[TASK OBJECTIVE] Work through the data line by line, gathering every line that has the word "false".

[Stored data entries]
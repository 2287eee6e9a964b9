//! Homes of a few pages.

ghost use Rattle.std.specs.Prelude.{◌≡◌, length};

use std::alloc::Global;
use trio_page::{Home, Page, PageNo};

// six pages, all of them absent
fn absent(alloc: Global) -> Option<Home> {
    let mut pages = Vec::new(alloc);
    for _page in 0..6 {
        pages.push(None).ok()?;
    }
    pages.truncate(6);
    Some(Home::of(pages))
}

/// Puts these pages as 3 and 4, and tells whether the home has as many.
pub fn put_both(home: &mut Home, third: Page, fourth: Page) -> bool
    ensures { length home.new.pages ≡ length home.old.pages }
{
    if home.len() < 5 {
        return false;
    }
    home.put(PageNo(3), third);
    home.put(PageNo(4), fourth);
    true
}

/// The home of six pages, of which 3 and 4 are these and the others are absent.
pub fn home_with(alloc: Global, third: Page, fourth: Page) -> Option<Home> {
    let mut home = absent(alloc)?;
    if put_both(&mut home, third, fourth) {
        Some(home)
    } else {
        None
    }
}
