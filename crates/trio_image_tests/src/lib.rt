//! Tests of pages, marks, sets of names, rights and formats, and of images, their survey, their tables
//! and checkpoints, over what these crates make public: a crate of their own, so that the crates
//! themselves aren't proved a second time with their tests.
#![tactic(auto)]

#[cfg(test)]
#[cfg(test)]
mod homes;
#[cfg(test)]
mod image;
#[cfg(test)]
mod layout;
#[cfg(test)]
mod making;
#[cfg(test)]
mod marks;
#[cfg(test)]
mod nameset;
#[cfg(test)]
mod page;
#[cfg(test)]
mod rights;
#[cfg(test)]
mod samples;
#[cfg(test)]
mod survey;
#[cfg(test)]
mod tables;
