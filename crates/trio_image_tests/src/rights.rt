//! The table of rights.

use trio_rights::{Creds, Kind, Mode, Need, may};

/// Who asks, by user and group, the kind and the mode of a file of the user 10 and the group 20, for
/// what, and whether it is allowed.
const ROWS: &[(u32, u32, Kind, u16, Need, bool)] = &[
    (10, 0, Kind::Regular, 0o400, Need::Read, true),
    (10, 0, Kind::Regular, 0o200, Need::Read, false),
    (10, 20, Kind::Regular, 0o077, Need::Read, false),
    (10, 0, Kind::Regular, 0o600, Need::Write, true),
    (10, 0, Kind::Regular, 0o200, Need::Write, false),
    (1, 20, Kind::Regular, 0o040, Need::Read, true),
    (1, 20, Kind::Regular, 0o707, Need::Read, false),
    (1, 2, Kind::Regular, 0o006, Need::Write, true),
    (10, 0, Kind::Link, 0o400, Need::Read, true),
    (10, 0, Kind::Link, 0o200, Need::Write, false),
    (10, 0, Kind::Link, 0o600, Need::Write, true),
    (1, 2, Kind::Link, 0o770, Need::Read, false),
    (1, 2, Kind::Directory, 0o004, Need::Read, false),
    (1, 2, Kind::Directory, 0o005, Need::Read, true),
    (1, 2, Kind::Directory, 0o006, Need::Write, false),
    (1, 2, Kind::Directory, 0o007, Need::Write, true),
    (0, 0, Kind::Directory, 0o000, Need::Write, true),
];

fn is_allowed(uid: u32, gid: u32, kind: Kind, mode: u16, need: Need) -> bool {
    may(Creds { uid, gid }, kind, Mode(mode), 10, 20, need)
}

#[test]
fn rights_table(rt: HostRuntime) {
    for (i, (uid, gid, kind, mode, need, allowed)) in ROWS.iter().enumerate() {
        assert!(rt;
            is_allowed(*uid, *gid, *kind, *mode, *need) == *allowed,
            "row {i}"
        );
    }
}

[RESULT BELOW]
        return false;
    (10, 0, Kind::Regular, 0o200, Need::Read, false),
    (10, 20, Kind::Regular, 0o077, Need::Read, false),
    (10, 0, Kind::Regular, 0o200, Need::Write, false),
    (1, 20, Kind::Regular, 0o707, Need::Read, false),
    (10, 0, Kind::Link, 0o200, Need::Write, false),
    (1, 2, Kind::Link, 0o770, Need::Read, false),
    (1, 2, Kind::Directory, 0o004, Need::Read, false),
    (1, 2, Kind::Directory, 0o006, Need::Write, false),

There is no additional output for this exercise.